Va premesso che, quando Gran Bretagna e Francia amministrarono i paesi islamici loro sottomessi, entrambe cercarono per lo più di strutturare forme di governo ispirate a quelle europee. Vennero così aboliti e smantellati gli istituti sociali, giuridici (corti coraniche), educativi (madrasse) e di mutuo soccorso della società islamica, vigenti colà da secoli. Questo provocò ulteriore risentimento da parte della popolazione musulmana locale, che nel frattempo, con orrore, vedeva per la prima volta iniziare a emanciparsi, e talora a prosperare, coloro da sempre considerati subalterni: ebrei e cristiani armeni, copti e assiri.

La Germania guglielmina, che pure governava alcune popolazioni islamiche – Togo, Camerun e Africa Orientale –, adattò un sistema di dominio diverso, ossia mantenne funzionanti le strutture di governo previste dall’islam. Il governo tedesco di quei territori si esercitava, cioè, attraverso il tradizionale governo islamico degli stessi. Tale attitudine tedesca (“Islampolitik”), ovviamente, era funzionale a destabilizzare gli imperi coloniali britannico e francese, in quanto mostrava ai suoi sudditi musulmani un apprezzamento dell’islam e maggiore considerazione, acuendo la rabbia popolare contro Francia, Gran Bretagna e dhimmi.

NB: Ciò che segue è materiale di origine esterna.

//! Links over TCP, with limits of time.

use crate::paced::Paced;
use std::alloc::Global;
use std::io;
use std::net::{Net, SocketAddr, TcpListener, TcpStream};
use std::time::{Clock, Duration};
use td_answers::{LinkError, Links};

// For how many seconds the other site may be silent while it is called, in one read, or in one write.
const MOST_SECONDS: u64 = 30;

// The limit of time of a call, a read and a write.
fn most_silence() -> Duration {
    Duration::from_secs(MOST_SECONDS)
}

// A stream each read and write of which has a limit.
fn with_time_limits(stream: TcpStream) -> io::Result<TcpStream> {
    stream.set_read_timeout(Some(most_silence()))?;
    stream.set_write_timeout(Some(most_silence()))?;
    Ok(stream)
}

// The link of a stream that was opened, with its limits of time; a fault of the net where it was not.
fn link<C: Clock + Drop>(opened: io::Result<TcpStream>, clock: C) -> Result<Paced<C>, LinkError> {
    match opened.and_then(with_time_limits) {
        Ok(stream) => Ok(Paced::new(stream, clock)),
        Err(_) => Err(LinkError::NetFault),
    }
}

/// Waits for a connection at the listener, with no limit, and takes one. A read or a write of it that waits for more
/// than 30 seconds fails, and so do those of one that is slower than the floor of `Paced`.
pub fn accept_on<C: Clock + Drop>(listener: &TcpListener, clock: C) -> Result<Paced<C>, LinkError> {
    link(listener.accept().map(|(stream, _)| stream), clock)
}

/// Opens links over TCP.
#[derive(Drop)]
pub struct TcpLinks<N> {
    net: N,
}

impl<N> TcpLinks<N> {
    /// Links over this network.
    pub fn new(net: N) -> Self {
        TcpLinks { net }
    }
}

impl<N: Net<Listener = TcpListener, Stream = TcpStream> + Clock + Copy + Drop> Links
    for TcpLinks<N> {
    type Link = Paced<N>;

    ghost use Rattle.std.specs.Prelude.{◌≡◌};

    ghost serves = { λ s _ t. t ≡ s };

    ghost calls = { λ s _ t. t ≡ s };

    /// Binds the address, and goes on as `accept_on`.
    fn serve(&mut self, _alloc: Global, address: SocketAddr) -> Result<Paced<N>, LinkError> {
        match TcpListener::bind(&self.net, address) {
            Ok(listener) => accept_on(&listener, self.net),
            Err(_) => Err(LinkError::NetFault),
        }
    }

    /// Connects to the address, within 30 seconds.
    fn call(&mut self, _alloc: Global, address: SocketAddr) -> Result<Paced<N>, LinkError> {
        let opened = TcpStream::connect_timeout(&self.net, &address, most_silence());
        link(opened, self.net)
    }
}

Tali dinamiche fecero sì che, se da una parte non pochi leader religiosi islamici simpatizzarono per la causa tedesca e per la politicizzazione “tedesca” dell’islam, al contempo i dipartimenti di arabistica e di islamistica fiorirono nelle università tedesche, con la creazione di mensili, biblioteche e gruppi di discussione volti al medesimo fine. Molti islamologi tedeschi appoggiarono entusiasticamente, per il “bene” e la prosperità della nazione germanica, tale politicizzazione “geneticamente modificata” dell’islam. Soltanto poche voci accademiche, ancorché molto autorevoli, si levarono nettamente contrarie a questo eccitamento politico-bellico-religioso, poiché ritennero che ciò avrebbe contribuito a creare un mostro (così il danese Christiaan Snouck Hurgronje).

Tornando anche al Genocidio armeno, non stupisce che l’11 novembre 1914 l’ottomano Urguplu Hayri (Shayk al-Islàm) abbia promulgato cinque fatwa rivolte ai musulmani di tutto il mondo di mobilitazione al jihad. Tre giorni dopo, in nome del Sultano-Califfo Mehmed V il decreto venne letto pubblicamente dinanzi alle folle nella grande Moschea Fatih di Costantinopoli. L’idea era stata concertata insieme tra leader turchi e ufficiali tedeschi. Il capo del gabinetto militare tedesco, Helmuth von Moltke, ordinò di “risvegliare il fanatismo islamico” contro i nemici della Germania. Sempre nel 1914 l’islamologo tedesco Carl Heinrich Becker, all’epoca professore a Bonn, pubblicò una brochure intitolata Deutschland und der Islam (la Germania e l’islam), in cui asseriva che l’islam era il tallone di Achille per Russia, Gran Bretagna, Francia, ravvisando in esso, da parte tedesca, un fattore ausiliario di “guerra internazionale”.

Un popolo fiero e martire
Gli armeni, popolo fiero e martire, dovettero subire nell’infuriare del Genocidio entrambi questi nemici tra loro alleati. Il Genocidio armeno fu il primo caso in cui le politiche tedesche sull’islam trovarono eco, appoggio e connivenze da parte islamica; il secondo fu la Shoah.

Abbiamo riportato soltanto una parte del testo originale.